SOURCE INFORMATION START
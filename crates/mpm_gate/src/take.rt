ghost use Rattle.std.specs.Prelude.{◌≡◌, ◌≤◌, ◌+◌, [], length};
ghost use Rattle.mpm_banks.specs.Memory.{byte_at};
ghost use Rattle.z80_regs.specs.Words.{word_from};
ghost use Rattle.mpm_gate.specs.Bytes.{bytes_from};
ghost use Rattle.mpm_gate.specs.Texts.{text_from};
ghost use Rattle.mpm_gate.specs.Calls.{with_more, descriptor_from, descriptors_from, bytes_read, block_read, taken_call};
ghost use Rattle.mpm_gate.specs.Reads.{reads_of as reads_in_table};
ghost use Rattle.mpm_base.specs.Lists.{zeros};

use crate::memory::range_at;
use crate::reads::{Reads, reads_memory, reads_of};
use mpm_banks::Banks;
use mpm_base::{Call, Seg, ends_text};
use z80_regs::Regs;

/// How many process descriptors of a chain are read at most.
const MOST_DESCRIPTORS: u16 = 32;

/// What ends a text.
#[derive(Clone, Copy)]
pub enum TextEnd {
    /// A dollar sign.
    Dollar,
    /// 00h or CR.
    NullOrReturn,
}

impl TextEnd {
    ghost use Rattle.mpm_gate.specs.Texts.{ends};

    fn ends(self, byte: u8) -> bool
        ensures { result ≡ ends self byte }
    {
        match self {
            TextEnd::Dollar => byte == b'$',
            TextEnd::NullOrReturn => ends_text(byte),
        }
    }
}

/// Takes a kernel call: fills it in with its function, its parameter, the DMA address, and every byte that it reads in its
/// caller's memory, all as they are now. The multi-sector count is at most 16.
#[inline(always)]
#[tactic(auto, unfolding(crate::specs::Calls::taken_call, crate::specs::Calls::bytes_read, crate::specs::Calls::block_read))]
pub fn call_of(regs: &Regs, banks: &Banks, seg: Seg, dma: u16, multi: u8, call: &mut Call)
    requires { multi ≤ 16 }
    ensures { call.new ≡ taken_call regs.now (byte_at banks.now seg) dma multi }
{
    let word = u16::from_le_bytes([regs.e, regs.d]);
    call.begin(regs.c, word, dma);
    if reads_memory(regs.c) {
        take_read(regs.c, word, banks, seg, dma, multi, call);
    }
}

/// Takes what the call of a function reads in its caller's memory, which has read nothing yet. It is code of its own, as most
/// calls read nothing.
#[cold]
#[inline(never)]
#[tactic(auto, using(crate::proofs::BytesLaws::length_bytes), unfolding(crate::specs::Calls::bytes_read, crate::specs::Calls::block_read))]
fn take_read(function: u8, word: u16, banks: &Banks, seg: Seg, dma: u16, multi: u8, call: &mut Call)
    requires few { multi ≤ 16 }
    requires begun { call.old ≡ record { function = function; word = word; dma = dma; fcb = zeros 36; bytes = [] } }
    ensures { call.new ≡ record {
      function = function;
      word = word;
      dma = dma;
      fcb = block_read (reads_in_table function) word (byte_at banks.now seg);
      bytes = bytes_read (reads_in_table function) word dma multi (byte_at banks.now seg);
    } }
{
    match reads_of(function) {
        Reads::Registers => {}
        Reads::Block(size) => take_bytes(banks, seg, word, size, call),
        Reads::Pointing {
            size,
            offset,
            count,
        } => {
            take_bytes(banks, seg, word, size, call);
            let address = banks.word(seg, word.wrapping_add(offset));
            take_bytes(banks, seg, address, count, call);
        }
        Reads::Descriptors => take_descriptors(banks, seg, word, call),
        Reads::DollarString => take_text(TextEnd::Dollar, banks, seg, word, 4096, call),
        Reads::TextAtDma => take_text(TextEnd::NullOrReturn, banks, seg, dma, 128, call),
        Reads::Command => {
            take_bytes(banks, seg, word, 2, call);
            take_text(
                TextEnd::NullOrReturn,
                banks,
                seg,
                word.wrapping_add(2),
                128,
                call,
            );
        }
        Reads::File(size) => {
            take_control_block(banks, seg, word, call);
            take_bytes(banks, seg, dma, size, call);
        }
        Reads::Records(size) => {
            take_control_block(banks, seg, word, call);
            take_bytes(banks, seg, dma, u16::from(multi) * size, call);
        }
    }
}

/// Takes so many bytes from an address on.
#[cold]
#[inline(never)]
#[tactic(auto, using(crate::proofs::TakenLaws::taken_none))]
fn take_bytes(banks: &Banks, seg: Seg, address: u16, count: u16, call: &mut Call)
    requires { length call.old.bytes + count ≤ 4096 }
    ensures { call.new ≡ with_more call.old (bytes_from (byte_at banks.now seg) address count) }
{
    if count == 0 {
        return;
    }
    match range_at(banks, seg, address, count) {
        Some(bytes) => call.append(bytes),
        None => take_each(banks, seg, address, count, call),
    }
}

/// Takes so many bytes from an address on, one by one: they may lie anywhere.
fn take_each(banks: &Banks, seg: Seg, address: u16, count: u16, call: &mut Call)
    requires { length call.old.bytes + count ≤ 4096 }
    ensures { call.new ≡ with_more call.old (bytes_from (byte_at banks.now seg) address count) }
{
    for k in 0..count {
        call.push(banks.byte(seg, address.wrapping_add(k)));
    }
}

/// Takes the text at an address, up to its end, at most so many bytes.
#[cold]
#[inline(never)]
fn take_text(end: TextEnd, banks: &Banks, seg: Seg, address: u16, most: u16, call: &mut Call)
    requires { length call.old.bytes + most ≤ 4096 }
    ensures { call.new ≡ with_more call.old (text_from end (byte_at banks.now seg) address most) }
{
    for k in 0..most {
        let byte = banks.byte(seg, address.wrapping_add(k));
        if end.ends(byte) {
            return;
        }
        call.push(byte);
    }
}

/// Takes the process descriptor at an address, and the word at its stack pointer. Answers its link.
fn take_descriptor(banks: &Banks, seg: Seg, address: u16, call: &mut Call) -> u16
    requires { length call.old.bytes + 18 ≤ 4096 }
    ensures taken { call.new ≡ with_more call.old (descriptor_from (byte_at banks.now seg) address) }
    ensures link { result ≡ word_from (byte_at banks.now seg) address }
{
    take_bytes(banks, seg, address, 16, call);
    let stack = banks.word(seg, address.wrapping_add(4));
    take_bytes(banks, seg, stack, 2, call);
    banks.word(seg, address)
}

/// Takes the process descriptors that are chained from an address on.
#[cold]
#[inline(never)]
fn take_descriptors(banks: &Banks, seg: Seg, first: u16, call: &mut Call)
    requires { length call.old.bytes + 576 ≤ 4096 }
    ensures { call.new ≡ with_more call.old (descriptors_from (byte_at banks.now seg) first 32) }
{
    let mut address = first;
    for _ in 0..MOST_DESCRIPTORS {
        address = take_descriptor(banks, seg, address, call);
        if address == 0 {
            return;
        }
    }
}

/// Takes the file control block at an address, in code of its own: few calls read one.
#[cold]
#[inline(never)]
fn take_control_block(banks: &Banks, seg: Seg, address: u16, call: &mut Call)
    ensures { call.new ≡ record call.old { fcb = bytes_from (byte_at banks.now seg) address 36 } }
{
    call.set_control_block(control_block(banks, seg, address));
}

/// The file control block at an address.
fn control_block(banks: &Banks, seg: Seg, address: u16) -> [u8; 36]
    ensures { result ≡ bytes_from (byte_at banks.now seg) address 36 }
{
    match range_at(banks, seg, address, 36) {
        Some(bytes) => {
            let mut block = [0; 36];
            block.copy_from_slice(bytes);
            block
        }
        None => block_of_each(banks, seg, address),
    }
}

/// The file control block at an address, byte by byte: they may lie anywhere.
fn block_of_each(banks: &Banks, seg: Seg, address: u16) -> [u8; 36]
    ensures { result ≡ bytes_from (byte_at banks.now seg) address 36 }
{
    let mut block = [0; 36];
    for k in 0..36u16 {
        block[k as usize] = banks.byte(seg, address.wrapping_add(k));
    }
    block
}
SOURCE INFORMATION END
SOURCE INFORMATION START
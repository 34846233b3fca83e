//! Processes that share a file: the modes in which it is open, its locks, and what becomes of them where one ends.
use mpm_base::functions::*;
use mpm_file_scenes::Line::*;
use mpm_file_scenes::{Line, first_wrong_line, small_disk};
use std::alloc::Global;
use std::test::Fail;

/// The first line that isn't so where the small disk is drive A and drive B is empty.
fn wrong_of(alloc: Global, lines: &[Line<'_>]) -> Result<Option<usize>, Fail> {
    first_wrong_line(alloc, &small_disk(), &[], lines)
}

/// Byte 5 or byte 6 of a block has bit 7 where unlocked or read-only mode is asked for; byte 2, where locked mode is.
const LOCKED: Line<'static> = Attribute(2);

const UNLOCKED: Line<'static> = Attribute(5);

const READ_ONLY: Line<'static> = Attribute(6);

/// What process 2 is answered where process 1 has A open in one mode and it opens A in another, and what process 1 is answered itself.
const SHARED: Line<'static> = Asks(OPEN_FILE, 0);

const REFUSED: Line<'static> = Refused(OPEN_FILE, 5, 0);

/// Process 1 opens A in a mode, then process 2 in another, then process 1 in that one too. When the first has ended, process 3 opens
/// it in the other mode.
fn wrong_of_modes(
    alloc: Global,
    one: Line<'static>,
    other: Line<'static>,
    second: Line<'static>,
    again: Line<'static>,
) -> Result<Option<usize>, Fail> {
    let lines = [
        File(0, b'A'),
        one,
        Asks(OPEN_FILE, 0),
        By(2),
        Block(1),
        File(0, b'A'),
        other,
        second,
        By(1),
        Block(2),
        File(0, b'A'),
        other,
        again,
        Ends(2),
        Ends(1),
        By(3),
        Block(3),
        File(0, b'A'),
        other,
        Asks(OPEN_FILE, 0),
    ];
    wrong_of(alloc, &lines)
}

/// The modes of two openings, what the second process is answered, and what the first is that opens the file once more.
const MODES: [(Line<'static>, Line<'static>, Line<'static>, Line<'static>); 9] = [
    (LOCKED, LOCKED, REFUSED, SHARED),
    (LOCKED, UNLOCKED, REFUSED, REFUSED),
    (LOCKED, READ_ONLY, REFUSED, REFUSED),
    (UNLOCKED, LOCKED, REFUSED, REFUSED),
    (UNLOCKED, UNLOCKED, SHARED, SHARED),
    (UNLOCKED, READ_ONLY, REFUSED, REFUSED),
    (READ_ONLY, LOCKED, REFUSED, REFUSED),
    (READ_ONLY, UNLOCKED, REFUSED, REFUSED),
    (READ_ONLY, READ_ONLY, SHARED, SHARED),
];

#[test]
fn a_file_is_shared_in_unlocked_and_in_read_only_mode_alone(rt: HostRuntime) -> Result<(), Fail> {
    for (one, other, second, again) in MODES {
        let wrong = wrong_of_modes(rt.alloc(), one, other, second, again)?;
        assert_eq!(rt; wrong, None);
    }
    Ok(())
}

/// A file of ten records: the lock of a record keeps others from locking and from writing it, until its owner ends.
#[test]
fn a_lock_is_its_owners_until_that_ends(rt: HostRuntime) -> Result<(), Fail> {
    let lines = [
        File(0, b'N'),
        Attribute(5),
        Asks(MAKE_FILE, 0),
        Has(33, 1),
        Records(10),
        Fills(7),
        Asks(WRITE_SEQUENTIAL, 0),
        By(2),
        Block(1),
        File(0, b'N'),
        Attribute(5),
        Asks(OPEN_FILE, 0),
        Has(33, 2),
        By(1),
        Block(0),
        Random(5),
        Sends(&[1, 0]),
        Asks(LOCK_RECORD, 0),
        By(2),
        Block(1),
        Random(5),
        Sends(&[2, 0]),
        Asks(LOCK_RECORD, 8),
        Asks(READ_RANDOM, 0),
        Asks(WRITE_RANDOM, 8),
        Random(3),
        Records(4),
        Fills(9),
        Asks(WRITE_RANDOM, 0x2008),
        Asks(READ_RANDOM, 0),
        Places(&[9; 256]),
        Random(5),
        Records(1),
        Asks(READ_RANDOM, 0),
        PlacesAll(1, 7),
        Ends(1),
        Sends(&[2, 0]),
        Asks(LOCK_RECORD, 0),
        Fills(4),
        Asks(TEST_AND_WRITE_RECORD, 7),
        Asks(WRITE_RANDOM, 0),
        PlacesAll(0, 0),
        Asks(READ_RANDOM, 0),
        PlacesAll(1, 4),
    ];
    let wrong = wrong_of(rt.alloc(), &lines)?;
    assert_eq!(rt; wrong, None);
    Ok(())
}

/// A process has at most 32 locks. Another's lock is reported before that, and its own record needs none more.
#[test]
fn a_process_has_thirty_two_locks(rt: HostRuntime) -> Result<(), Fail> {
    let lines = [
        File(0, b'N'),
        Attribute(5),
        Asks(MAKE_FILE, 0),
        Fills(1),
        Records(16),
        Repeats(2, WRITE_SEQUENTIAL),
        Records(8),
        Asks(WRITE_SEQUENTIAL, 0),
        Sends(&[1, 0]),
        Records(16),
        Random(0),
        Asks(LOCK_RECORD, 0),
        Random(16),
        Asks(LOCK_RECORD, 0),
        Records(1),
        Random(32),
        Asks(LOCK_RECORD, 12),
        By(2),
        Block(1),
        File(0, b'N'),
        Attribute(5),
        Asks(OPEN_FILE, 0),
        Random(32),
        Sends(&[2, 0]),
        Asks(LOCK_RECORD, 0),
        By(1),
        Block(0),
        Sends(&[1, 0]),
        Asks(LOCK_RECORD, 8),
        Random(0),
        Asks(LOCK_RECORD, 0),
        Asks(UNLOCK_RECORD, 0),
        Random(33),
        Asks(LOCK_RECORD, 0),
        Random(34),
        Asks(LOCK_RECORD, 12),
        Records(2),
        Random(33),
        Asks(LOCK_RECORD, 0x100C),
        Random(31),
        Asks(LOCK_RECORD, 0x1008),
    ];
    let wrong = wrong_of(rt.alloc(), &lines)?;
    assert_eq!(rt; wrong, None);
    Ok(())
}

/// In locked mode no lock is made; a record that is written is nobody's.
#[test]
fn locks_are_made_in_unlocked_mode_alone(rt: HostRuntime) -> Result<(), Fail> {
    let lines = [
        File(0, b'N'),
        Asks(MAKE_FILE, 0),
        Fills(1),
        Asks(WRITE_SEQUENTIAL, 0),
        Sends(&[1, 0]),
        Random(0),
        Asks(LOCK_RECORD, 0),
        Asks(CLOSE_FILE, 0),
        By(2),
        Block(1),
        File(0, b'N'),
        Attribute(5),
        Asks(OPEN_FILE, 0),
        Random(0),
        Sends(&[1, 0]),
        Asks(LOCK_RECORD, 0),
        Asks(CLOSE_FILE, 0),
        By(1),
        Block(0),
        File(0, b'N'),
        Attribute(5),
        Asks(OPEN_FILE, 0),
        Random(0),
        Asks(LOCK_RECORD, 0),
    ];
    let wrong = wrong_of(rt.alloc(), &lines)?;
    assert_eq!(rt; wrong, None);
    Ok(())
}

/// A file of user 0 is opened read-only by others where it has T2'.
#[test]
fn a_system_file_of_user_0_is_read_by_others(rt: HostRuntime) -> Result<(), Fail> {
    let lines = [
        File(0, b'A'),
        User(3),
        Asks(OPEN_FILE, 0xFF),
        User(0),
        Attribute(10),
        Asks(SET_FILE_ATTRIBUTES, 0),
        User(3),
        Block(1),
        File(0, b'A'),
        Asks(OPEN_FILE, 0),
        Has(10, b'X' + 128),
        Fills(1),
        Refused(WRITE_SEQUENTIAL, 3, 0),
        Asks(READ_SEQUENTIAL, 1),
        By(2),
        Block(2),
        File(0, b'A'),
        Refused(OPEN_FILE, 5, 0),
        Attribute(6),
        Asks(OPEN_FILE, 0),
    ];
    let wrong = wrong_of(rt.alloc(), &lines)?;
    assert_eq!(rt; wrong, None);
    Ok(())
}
SOURCE INFORMATION END
SOURCE INFORMATION START
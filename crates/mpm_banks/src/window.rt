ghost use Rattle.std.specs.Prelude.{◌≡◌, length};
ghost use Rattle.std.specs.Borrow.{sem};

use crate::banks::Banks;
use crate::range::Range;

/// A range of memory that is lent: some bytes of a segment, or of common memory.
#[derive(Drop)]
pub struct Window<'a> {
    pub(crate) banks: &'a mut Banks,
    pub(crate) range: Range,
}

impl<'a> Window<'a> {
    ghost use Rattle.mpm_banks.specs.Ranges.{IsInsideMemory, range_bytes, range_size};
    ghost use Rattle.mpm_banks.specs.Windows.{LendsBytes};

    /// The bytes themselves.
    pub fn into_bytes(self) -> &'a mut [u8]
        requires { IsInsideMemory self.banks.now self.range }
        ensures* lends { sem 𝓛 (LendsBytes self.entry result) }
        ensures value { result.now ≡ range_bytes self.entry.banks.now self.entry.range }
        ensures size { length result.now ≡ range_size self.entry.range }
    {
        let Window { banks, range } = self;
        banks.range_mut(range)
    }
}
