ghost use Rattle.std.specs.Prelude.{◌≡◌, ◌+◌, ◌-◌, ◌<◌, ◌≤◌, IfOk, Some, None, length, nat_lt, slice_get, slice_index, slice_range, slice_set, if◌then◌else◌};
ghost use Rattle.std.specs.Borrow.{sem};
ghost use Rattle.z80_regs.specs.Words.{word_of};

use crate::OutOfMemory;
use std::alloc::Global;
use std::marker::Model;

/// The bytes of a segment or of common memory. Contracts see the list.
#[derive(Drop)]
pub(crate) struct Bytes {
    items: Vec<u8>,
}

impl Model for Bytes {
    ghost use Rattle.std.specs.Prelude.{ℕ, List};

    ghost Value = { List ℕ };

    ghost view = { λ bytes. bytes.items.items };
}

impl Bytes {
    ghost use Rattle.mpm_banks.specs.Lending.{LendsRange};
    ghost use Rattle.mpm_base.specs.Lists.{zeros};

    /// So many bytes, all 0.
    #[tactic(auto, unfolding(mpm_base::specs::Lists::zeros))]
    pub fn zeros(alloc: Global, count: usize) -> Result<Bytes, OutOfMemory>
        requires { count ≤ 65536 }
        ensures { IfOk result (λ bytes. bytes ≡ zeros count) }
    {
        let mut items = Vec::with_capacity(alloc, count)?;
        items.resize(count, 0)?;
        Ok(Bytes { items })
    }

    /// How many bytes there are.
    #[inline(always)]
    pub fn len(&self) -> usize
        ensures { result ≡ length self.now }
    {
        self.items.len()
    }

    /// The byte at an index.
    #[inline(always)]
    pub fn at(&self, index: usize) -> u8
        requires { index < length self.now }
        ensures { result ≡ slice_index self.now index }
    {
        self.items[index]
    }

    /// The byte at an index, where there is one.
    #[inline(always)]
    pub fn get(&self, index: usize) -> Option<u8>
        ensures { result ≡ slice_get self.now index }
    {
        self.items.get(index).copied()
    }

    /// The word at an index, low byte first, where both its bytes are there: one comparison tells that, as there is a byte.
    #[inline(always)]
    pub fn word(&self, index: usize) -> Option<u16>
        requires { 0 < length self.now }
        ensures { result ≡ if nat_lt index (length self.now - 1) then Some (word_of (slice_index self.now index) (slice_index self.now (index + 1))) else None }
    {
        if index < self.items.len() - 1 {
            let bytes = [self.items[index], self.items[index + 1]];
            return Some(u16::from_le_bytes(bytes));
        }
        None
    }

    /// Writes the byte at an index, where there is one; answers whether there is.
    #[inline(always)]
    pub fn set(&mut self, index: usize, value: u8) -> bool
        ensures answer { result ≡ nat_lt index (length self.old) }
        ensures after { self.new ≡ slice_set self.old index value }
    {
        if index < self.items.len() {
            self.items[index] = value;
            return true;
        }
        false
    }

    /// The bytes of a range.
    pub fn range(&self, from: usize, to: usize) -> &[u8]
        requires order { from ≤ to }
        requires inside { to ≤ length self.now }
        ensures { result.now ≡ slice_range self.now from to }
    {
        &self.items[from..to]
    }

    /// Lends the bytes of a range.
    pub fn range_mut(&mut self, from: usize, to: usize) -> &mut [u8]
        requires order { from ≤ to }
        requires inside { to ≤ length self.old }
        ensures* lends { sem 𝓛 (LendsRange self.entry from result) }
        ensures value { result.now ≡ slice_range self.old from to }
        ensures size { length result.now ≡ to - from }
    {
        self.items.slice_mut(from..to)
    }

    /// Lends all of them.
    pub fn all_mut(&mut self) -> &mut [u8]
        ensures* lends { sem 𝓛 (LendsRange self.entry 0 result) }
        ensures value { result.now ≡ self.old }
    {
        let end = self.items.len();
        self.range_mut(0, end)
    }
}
SOURCE INFORMATION END
■ **REQUIRED ACTION**
Give back exactly the lines above starting at the line where "filename crates/mpm_gate/src/take.rt" appears and ending at the line where "read at most." appears, both included, with no other lines.

■ **SOLUTION**
filename crates/mpm_gate/src/take.rt
ghost use Rattle.std.specs.Prelude.{◌≡◌, ◌≤◌, ◌+◌, [], length};
ghost use Rattle.mpm_banks.specs.Memory.{byte_at};
ghost use Rattle.z80_regs.specs.Words.{word_from};
ghost use Rattle.mpm_gate.specs.Bytes.{bytes_from};
ghost use Rattle.mpm_gate.specs.Texts.{text_from};
ghost use Rattle.mpm_gate.specs.Calls.{with_more, descriptor_from, descriptors_from, bytes_read, block_read, taken_call};
ghost use Rattle.mpm_gate.specs.Reads.{reads_of as reads_in_table};
ghost use Rattle.mpm_base.specs.Lists.{zeros};

use crate::memory::range_at;
use crate::reads::{Reads, reads_memory, reads_of};
use mpm_banks::Banks;
use mpm_base::{Call, Seg, ends_text};
use z80_regs::Regs;

/// How many process descriptors of a chain are read at most.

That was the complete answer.